The immunogenicity of pneumococcal polysaccharides in infants and children: A meta-regression

The immunogenicity of plain (not conjugated) pneumococcal polysaccharides in children and infants was reviewed using a systematic literature search. Immunogenicity was defined as the fold-increase in serotype specific antibody concentration after a single dose of plain polysaccharide vaccine in unprimed subjects. Meta-regression was used to calculate the influence of study treatments including subject age, sampling time, dosage, immunization route, vaccine composition and study location. Immunogenicity increased with age for all serotypes, and the increase was more rapid in the first 11 months of life. Study location was the next most significant study variable, with higher responses in countries with lower GDP. A flat dose–response curve was observed over a range from 5 to 50 μg polysaccharide. Serotypes 6A, 6B, 14, 19F and 23F were significantly less immunogenic than serotypes 2, 3, 4, 7F, 8, 9N, 9V and 18C in 11 month old children, but continued to increase in immunogenicity with age until reaching similar levels at 6 years. Some proposed T-independent immune mechanisms could explain the differences in serotype immunogenicity.

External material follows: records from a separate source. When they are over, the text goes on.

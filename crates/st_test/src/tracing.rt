//! Faces traced round, each once.
//!
//! The next end of the face of an end is the clockwise next of its twin. Going through the ends in order, an end without
//! a number is the least of a new face, which is traced at once.
ghost use Rattle.std.specs.Prelude.{◌≡◌, ◌<◌, length, IfOk};
ghost use Rattle.st_ids.specs.Ends.{twin};
ghost use Rattle.st_map.specs.Embedded.{darts, phi};
ghost use Rattle.st_map.specs.Orbits.{Permutes};
ghost use Rattle.st_test.specs.FaceNumbers.{AreFaces};
ghost use Rattle.st_test.specs.Tracing.{IsTraced};

use crate::orbits::Faces;
use st_ids::{Dart, IdVec, NoMemory};
use st_map::Map;
use std::alloc::Global;

/// The other end of the edge.
fn twin_of(map: &Map, d: Dart) -> Dart
    requires { d.0 < darts map.now.graph }
    ensures value { result.0 ≡ twin d.0 }
    ensures within { result.0 < darts map.now.graph }
{
    d.twin()
}

/// The next end of the face: the clockwise next of the twin.
#[tactic(auto, unfolding(st_map::specs::Embedded::phi))]
fn turn(map: &Map, d: Dart) -> Dart
    requires { d.0 < darts map.now.graph }
    ensures value { result.0 ≡ phi map.now.graph d.0 }
    ensures within { result.0 < darts map.now.graph }
{
    map.next_cw(twin_of(map, d))
}

/// Gives the ends of a face a number, once round from `start`.
fn trace(map: &Map, start: Dart, number: u32, orbit: &mut IdVec<Dart, u32>)
    requires permutes { Permutes (darts map.now.graph) (phi map.now.graph) }
    requires size { length orbit.old ≡ darts map.now.graph }
    requires there { start.0 < darts map.now.graph }
    ensures { IsTraced (phi map.now.graph) start.0 number orbit.old orbit.new }
{
    orbit.set(start, number);
    let mut end = turn(map, start);
    'round: while end.0 != start.0 {
        orbit.set(end, number);
        end = turn(map, end);
    }
}

/// The faces of a map.
///
/// Shape: one number for each end, from 0 in the order of the faces' least ends.
/// Errors: `NoMemory`.
/// Cost: O(E) time and one table of the ends. Not proved.
pub fn faces(alloc: Global, map: &Map) -> Result<Faces, NoMemory>
    ensures { IfOk result (AreFaces map.now.graph) }
{
    let ends = 2 * map.edges();
    let mut orbit: IdVec<Dart, u32> = IdVec::with_len(alloc, ends, u32::MAX)?;
    let mut count = 0;
    for d in 0..ends {
        if *orbit.get(Dart(d)) == u32::MAX {
            trace(map, Dart(d), count, &mut orbit);
            count += 1;
        }
    }
    Ok(Faces::of(orbit, count))
}
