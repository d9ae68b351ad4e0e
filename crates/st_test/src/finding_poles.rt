//! The four tests that a directed graph has to pass, each with its evidence where it is the first to fail.
ghost use Rattle.std.specs.Prelude.{◌≡◌, ◌<◌, ◌≤◌, ◌^◌, length, IfOk};
ghost use Rattle.st_ids.specs.Graph.{AreWithin};
ghost use Rattle.st_test.specs.Poles.{NoneIn, NoneOut, graph_of};
ghost use Rattle.st_test.specs.Stripping.{IsStripped};
ghost use Rattle.st_test.specs.PolesAnswer.{AreInOrder, IsPolesAnswer};
ghost use Rattle.st_test.specs.BackTables.{AllListed};

use crate::cycle::{find_first, mark_left, name_cycle};
use crate::digraph_fault::{DigraphFault, Poles};
use crate::stripping::{Order, count_edges_in, count_edges_out, list_zeros, strip};
use st_ids::{Digraph, VertexId};
use std::alloc::{AllocError, Global};

/// The vertices without an edge in, in file order.
fn list_sources(
    alloc: Global,
    n: u32,
    ends: &[(u32, u32)],
    order: &Order,
) -> Result<Vec<u32>, AllocError>
    requires within { AreWithin n ends.now }
    requires few { length ends.now < 2 ^ 30 }
    requires some { 2 ≤ n }
    requires stripped { IsStripped n ends.now order.now.vertices.items order.now.edges.items }
    requires all { AllListed n order.now.vertices.items }
    ensures those { IfOk result (λ v. AreInOrder n (NoneIn (graph_of n ends.now)) v.items) }
    ensures some { IfOk result (λ v. 1 ≤ length v.items) }
    ensures fits { IfOk result (λ v. length v.items ≤ n) }
{
    let degree = count_edges_in(alloc, n, ends)?;
    list_zeros(alloc, n, &degree)
}

/// The vertices without an edge out, in file order.
fn list_sinks(
    alloc: Global,
    n: u32,
    ends: &[(u32, u32)],
    order: &Order,
) -> Result<Vec<u32>, AllocError>
    requires within { AreWithin n ends.now }
    requires few { length ends.now < 2 ^ 30 }
    requires some { 2 ≤ n }
    requires stripped { IsStripped n ends.now order.now.vertices.items order.now.edges.items }
    requires all { AllListed n order.now.vertices.items }
    ensures those { IfOk result (λ v. AreInOrder n (NoneOut (graph_of n ends.now)) v.items) }
    ensures some { IfOk result (λ v. 1 ≤ length v.items) }
    ensures fits { IfOk result (λ v. length v.items ≤ n) }
{
    let degree = count_edges_out(alloc, n, ends)?;
    list_zeros(alloc, n, &degree)
}

/// The poles of a graph without a cycle.
fn find_poles(
    alloc: Global,
    n: u32,
    ends: &[(u32, u32)],
    order: &Order,
) -> Result<Poles, DigraphFault>
    requires within { AreWithin n ends.now }
    requires few { length ends.now < 2 ^ 30 }
    requires some { 2 ≤ n }
    requires stripped { IsStripped n ends.now order.now.vertices.items order.now.edges.items }
    requires all { AllListed n order.now.vertices.items }
    ensures { IsPolesAnswer (graph_of n ends.now) result }
{
    let sources = list_sources(alloc, n, ends, order)?;
    if sources.len() > 1 {
        return Err(DigraphFault::Sources {
            first: VertexId(sources[0]),
            second: VertexId(sources[1]),
            count: sources.len() as u32,
        });
    }
    let sinks = list_sinks(alloc, n, ends, order)?;
    if sinks.len() > 1 {
        return Err(DigraphFault::Sinks {
            first: VertexId(sinks[0]),
            second: VertexId(sinks[1]),
            count: sinks.len() as u32,
        });
    }
    Ok(Poles {
        source: VertexId(sources[0]),
        sink: VertexId(sinks[0]),
    })
}

/// The one source and the one sink of a graph, or the first test that it fails: at least two vertices, no cycle, one
/// vertex without an edge in, one without an edge out.
///
/// The cycle that is named: begin at the first vertex, in file order, at which a walk of as many edges as there are
/// vertices ends. Go back along the first edge that comes from such a vertex, until a vertex comes a second time. The
/// edges of this loop are listed in their direction, from the one that leaves the loop's first vertex in file order.
///
/// Errors: the first test that fails, with its evidence; `NoMemory`.
/// Cost: O(V + E) time, a few lists of u32, the longest of the number of vertices or edges. Not proved.
pub fn poles(alloc: Global, graph: &Digraph) -> Result<Poles, DigraphFault>
    ensures { IsPolesAnswer graph.now result }
{
    let n = graph.vertices();
    if n < 2 {
        return Err(DigraphFault::TooFew { n });
    }
    let ends = graph.ends();
    let order = strip(alloc, n, ends)?;
    let left = mark_left(alloc, n, &order.vertices)?;
    match find_first(n, &left) {
        Some(start) => {
            let edges = name_cycle(alloc, n, ends, &order, &left, start)?;
            Err(DigraphFault::Cycle { edges })
        }
        None => find_poles(alloc, n, ends, &order),
    }
}
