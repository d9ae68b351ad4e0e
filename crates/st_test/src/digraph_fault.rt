//! The poles of a directed graph, and the reasons why it has none.
use st_ids::{EdgeList, NoMemory, VertexId};
use std::alloc::AllocError;
use thiserror::Error;

/// The first of the tests on a directed graph that fails, with its evidence.
#[derive(Debug, Drop, Error)]
pub enum DigraphFault {
    /// There are fewer than two vertices: n of them.
    #[error("too few vertices: {n}")]
    TooFew {
        n: u32,
    },
    /// There is a cycle. Its edges lead from the first vertex on it, in file order, back to that vertex.
    #[error("cycle of {} edges", .edges.items().len())]
    Cycle {
        edges: EdgeList,
    },
    /// So many vertices have no edge in, and these are the first two.
    #[error("{count} sources, the first {} and {}", .first.0, .second.0)]
    Sources {
        first: VertexId,
        second: VertexId,
        count: u32,
    },
    /// So many vertices have no edge out, and these are the first two.
    #[error("{count} sinks, the first {} and {}", .first.0, .second.0)]
    Sinks {
        first: VertexId,
        second: VertexId,
        count: u32,
    },
    /// Memory ran out.
    #[error("no memory")]
    NoMemory,
}

/// The one vertex without an edge in, and the one without an edge out.
#[derive(Clone, Copy, Debug, PartialEq, Eq)]
pub struct Poles {
    pub source: VertexId,
    pub sink: VertexId,
}

impl From<AllocError> for DigraphFault {
    ghost use Rattle.std.specs.Prelude.{◌≡◌};
    ghost use Rattle.st_test.specs.declared.digraph_fault.DigraphFault.{DigraphFault};
    ghost use Rattle.st_test.specs.declared.digraph_fault.DigraphFault.TheVariants.{NoMemory as no_memory};

    ghost from_gives = { λ _ e. e ≡ no_memory };

    fn from(_e: AllocError) -> DigraphFault {
        DigraphFault::NoMemory
    }
}

impl From<NoMemory> for DigraphFault {
    ghost use Rattle.std.specs.Prelude.{◌≡◌};
    ghost use Rattle.st_test.specs.declared.digraph_fault.DigraphFault.{DigraphFault};
    ghost use Rattle.st_test.specs.declared.digraph_fault.DigraphFault.TheVariants.{NoMemory as no_memory};

    ghost from_gives = { λ _ e. e ≡ no_memory };

    fn from(_e: NoMemory) -> DigraphFault {
        DigraphFault::NoMemory
    }
}
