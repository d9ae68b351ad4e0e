//! The faces of a map, by number in the order of their least ends.
ghost use Rattle.std.specs.Prelude.{◌≡◌, ◌<◌, length, slice_index};

use st_ids::{Dart, IdVec, OrbitId};
use std::marker::Model;

/// The faces of a map. A contract sees the record `FaceNumbers`.
#[derive(Drop)]
pub struct Faces {
    orbit: IdVec<Dart, u32>,
    count: u32,
}

impl Model for Faces {
    ghost use Rattle.st_test.specs.FaceNumbers.{FaceNumbers};

    ghost Value = { FaceNumbers };

    ghost view = { λ a. record { orbit = a.orbit; count = a.count } };
}

impl Faces {
    /// The faces with these numbers.
    pub(crate) fn of(orbit: IdVec<Dart, u32>, count: u32) -> Faces
        ensures { result ≡ record { orbit = orbit; count = count } }
    {
        Faces { orbit, count }
    }

    /// The number of faces.
    pub fn count(&self) -> u32
        ensures { result ≡ self.now.count }
    {
        self.count
    }

    /// The face that holds the end. Faces are numbered from 0 in the order of their least ends.
    pub fn orbit(&self, d: Dart) -> OrbitId
        requires { d.0 < length self.now.orbit }
        ensures { result.0 ≡ slice_index self.now.orbit d.0 }
    {
        OrbitId(*self.orbit.get(d))
    }
}
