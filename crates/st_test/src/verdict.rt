//! The two tests of an embedding: Euler's formula, and both poles on the outer face.
ghost use Rattle.std.specs.Prelude.{◌≡◌, ◌⊎◌, ◌↔◌, ◌+◌, ◌*◌, ◌<◌, ℕ, IfOk, IfErr, IfSome, IsTrue};
ghost use Rattle.st_map.specs.Embedded.{Touches, at, bare, darts, edges, faces};
ghost use Rattle.st_map.specs.Orders.{IsEdgeAt};
ghost use Rattle.st_test.specs.FaceNumbers.{AreFaces, orbit_number};
ghost use Rattle.st_test.specs.Planar.{IsPlanarSt, outer_of};
ghost use Rattle.st_test.specs.Poles.{ArePoles};
ghost use Rattle.st_test.specs.Verdict.{IsEmbedFault};

use crate::digraph_fault::Poles;
use crate::graph::StGraph;
use crate::orbits::Faces;
use crate::tracing::faces;
use st_ids::{Dart, NoMemory, OrbitId, VertexId};
use st_map::Map;
use std::alloc::Global;
use thiserror::Error;

/// The first of the tests on an embedding that fails, with its evidence.
#[derive(Clone, Copy, Debug, PartialEq, Eq, Error)]
pub enum EmbedFault {
    /// `v - e + f` isn't 2, so the lists of the ends are no planar embedding of a connected graph.
    #[error("{v} vertices, {e} edges, {f} faces")]
    BadFaces {
        v: u32,
        e: u32,
        f: u32,
    },
    /// The outer face has no end at the source, or none at the sink, or neither.
    #[error("outer face misses a pole")]
    Outer {
        misses_source: bool,
        misses_sink: bool,
    },
    /// Memory ran out.
    #[error("no memory")]
    NoMemory,
}

impl From<NoMemory> for EmbedFault {
    ghost use Rattle.std.specs.Prelude.{◌≡◌};
    ghost use Rattle.st_test.specs.declared.verdict.EmbedFault.{EmbedFault};
    ghost use Rattle.st_test.specs.declared.verdict.EmbedFault.TheVariants.{NoMemory as no_memory};

    ghost from_gives = { λ _ e. e ≡ no_memory };

    fn from(_e: NoMemory) -> EmbedFault {
        EmbedFault::NoMemory
    }
}

/// Whether the end is in the face and at v.
fn is_on(map: &Map, faces: &Faces, face: OrbitId, d: Dart, v: VertexId) -> bool
    requires faces { AreFaces map.now.graph faces.now }
    requires there { d.0 < darts map.now.graph }
    ensures { IsTrue result ↔ ((orbit_number map.now.graph d.0 ≡ face.0) × (at map.now.graph d.0 ≡ v.0)) }
{
    faces.orbit(d).0 == face.0 && map.vertex_of(d).0 == v.0
}

/// Whether the face of an end has an end at v.
pub fn touches(map: &Map, faces: &Faces, outer: Dart, v: VertexId) -> bool
    requires faces { AreFaces map.now.graph faces.now }
    requires there { outer.0 < darts map.now.graph }
    ensures { IsTrue result ↔ Touches map.now.graph outer.0 v.0 }
{
    let face = faces.orbit(outer);
    for d in 0..2 * map.edges() {
        if is_on(map, faces, face, Dart(d), v) {
            return true;
        }
    }
    false
}

/// The end that names the outer face.
pub fn outer_end(map: &Map, source: VertexId, outer: Option<Dart>) -> Dart
    requires there { IfSome outer (λ d. d.0 < darts map.now.graph) }
    requires source { source.0 < map.now.graph.vertices }
    requires edge { (e : ℕ) × IsEdgeAt map.now.graph.ends source.0 e }
    ensures value { result.0 ≡ outer_of map.now.graph source.0 outer }
    ensures within { result.0 < darts map.now.graph }
{
    match outer {
        Some(d) => d,
        None => map.at(source).unwrap(),
    }
}

/// The planar st-graph of a map with these poles, or the first of the two tests that it fails. The outer face is that
/// of the end `outer`, else that of the first end in the order of the source.
///
/// Errors: `BadFaces` exactly where `v - e + f` isn't 2; else `Outer` exactly where the outer face misses a pole;
/// `NoMemory`. The map is given up then.
/// Cost: O(V + E) time and one table of the ends. Not proved.
pub fn test(
    alloc: Global,
    map: Map,
    poles: Poles,
    outer: Option<Dart>,
) -> Result<StGraph, EmbedFault>
    requires poles { ArePoles (bare map.graph) poles.source.0 poles.sink.0 }
    requires there { IfSome outer (λ d. d.0 < darts map.graph) }
    ensures graph { IfOk result (λ g. g ≡ record { map = map; source = poles.source.0; sink = poles.sink.0; outer = outer_of map.graph poles.source.0 outer }) }
    ensures planar { IfOk result (λ _. IsPlanarSt map.graph poles.source.0 poles.sink.0 (outer_of map.graph poles.source.0 outer)) }
    ensures fault { IfErr result (IsEmbedFault map.graph poles.source.0 poles.sink.0 (outer_of map.graph poles.source.0 outer)) }
{
    let found = faces(alloc, &map)?;
    let (v, e, f) = (map.vertices(), map.edges(), found.count());
    if v + f != e + 2 {
        return Err(EmbedFault::BadFaces { v, e, f });
    }
    let end = outer_end(&map, poles.source, outer);
    let misses_source = !touches(&map, &found, end, poles.source);
    let misses_sink = !touches(&map, &found, end, poles.sink);
    if misses_source || misses_sink {
        return Err(EmbedFault::Outer {
            misses_source,
            misses_sink,
        });
    }
    Ok(StGraph::of(map, found, poles, end))
}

► The immunogenicity of plain (unconjugated) pneumococcal polysaccharides has matured for many serotypes by 11 months of age.
► The immunogenicity of plain (unconjugated) pneumococcal polysaccharides is higher in countries with a lower GDP.
► At 11 months of age serotypes 6A, 6B, 14, 19F and 23F are significantly less immunogenic than serotypes 2, 3, 4, 7F, 8, 9N, 9V and 18C.
► Two immune mechanisms, complement C3 modification and T-independent regulation, give predictions consistent with the differences in serotype immunogenicity.